Around the half-way point of the book, it became clear that Thomas was telling a different story from what you are first expecting. When Bennett revealed the full truth, I suddenly saw him and his previous actions in a completely new light, and instead Eva became the problematic character. Her many complex hang-ups and her absolute unwillingness to open up or in any way attempt to change made me want to both shout at her and shake her. I loved her relationship with her step-mother, and the very realistic portrayal of what living with someone bipolar is actually like, but it wasn't enough for me to warm to this as a romance.

 

For the first half of the book, Bennett sort of gave me the creeps as a hero, and for the second half of the book, I wanted Bennett to go off and find someone more worthy of him, because Evangeline was a rubbish heroine.
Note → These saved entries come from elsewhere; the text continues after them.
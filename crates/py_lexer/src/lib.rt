//! The tokens of a Python text (Language Reference, chapter 2), or its one lexical fault.
//!
//! * `lexing`: `lex`, the tokens of a text, and `lex_with`, which reads many;
//! * `scratch`: a `Scratch`, what is kept from one text to the next;
//! * `laws`: what holds of each text: it has one answer, and its tokens lie in it in order, each the longest possible;
//! * `token`: a `Token`, its `Kind` and its `Value`, and the `LexKind`s of faults;
//! * `form`: a `Form`, the name of a form that isn't supported;
//! * `source`: a text as it is read: its byte order mark and its line ends;
//! * `state`, `stack`: what is open at a place of a text: brackets, blocks, a formatted string;
//! * `piece`: what stands at the front of a text;
//! * `margin`: blank lines and indentation;
//! * `inside`: what stands inside a logical line, by its first character;
//! * `words`, `keywords`, `operators`, `strings`, `fstring`: that, by class;
//! * `quick`: most tokens, which are pushed at once, and `gap`: most of what stands between them, which is passed at once;
//! * `spellings`: what words and texts are spelled as;
//! * `chars`: the classes of characters.
#![tactic(auto)]

mod chars;
mod form;
mod fstring;
mod gap;
mod inside;
mod keywords;
mod laws;
mod lexing;
mod margin;
mod operators;
mod piece;
mod quick;
mod scratch;
mod source;
mod spellings;
mod stack;
mod state;
mod strings;
mod token;
mod words;

pub use form::Form;
pub use laws::{layout, longest, one_answer};
pub use lexing::{lex, lex_with};
pub use scratch::Scratch;
pub use token::{Kind, LexError, LexKind, Token, Value};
It obviously all ends up working out in the end - it is a romance, after all, but this is by far my least favourite of Thomas' novels to date. I suspect that I would probably like it more upon a re-read, but it seems unlikely that I'll pick it back up again any time soon. Nonetheless, this book has words in the title that have made it a possible read in FIVE separate months this year for my Monthly Key Word Reading Challenge. It's also been on my TBR list for more than a year. I pretty much had to read it before the year was out.

 

Judging a book by its cover: My feelings about the cover for this book much reflect the feelings I have for the actual novel - largely indifferent. Beautiful scenery, I'm assuming it's the Italian coastline. Generic couple smooching. *shrugs* I find the choice to have one and my in the title italicised. It doesn't so much emphasise the words as make the cover look slightly off somehow.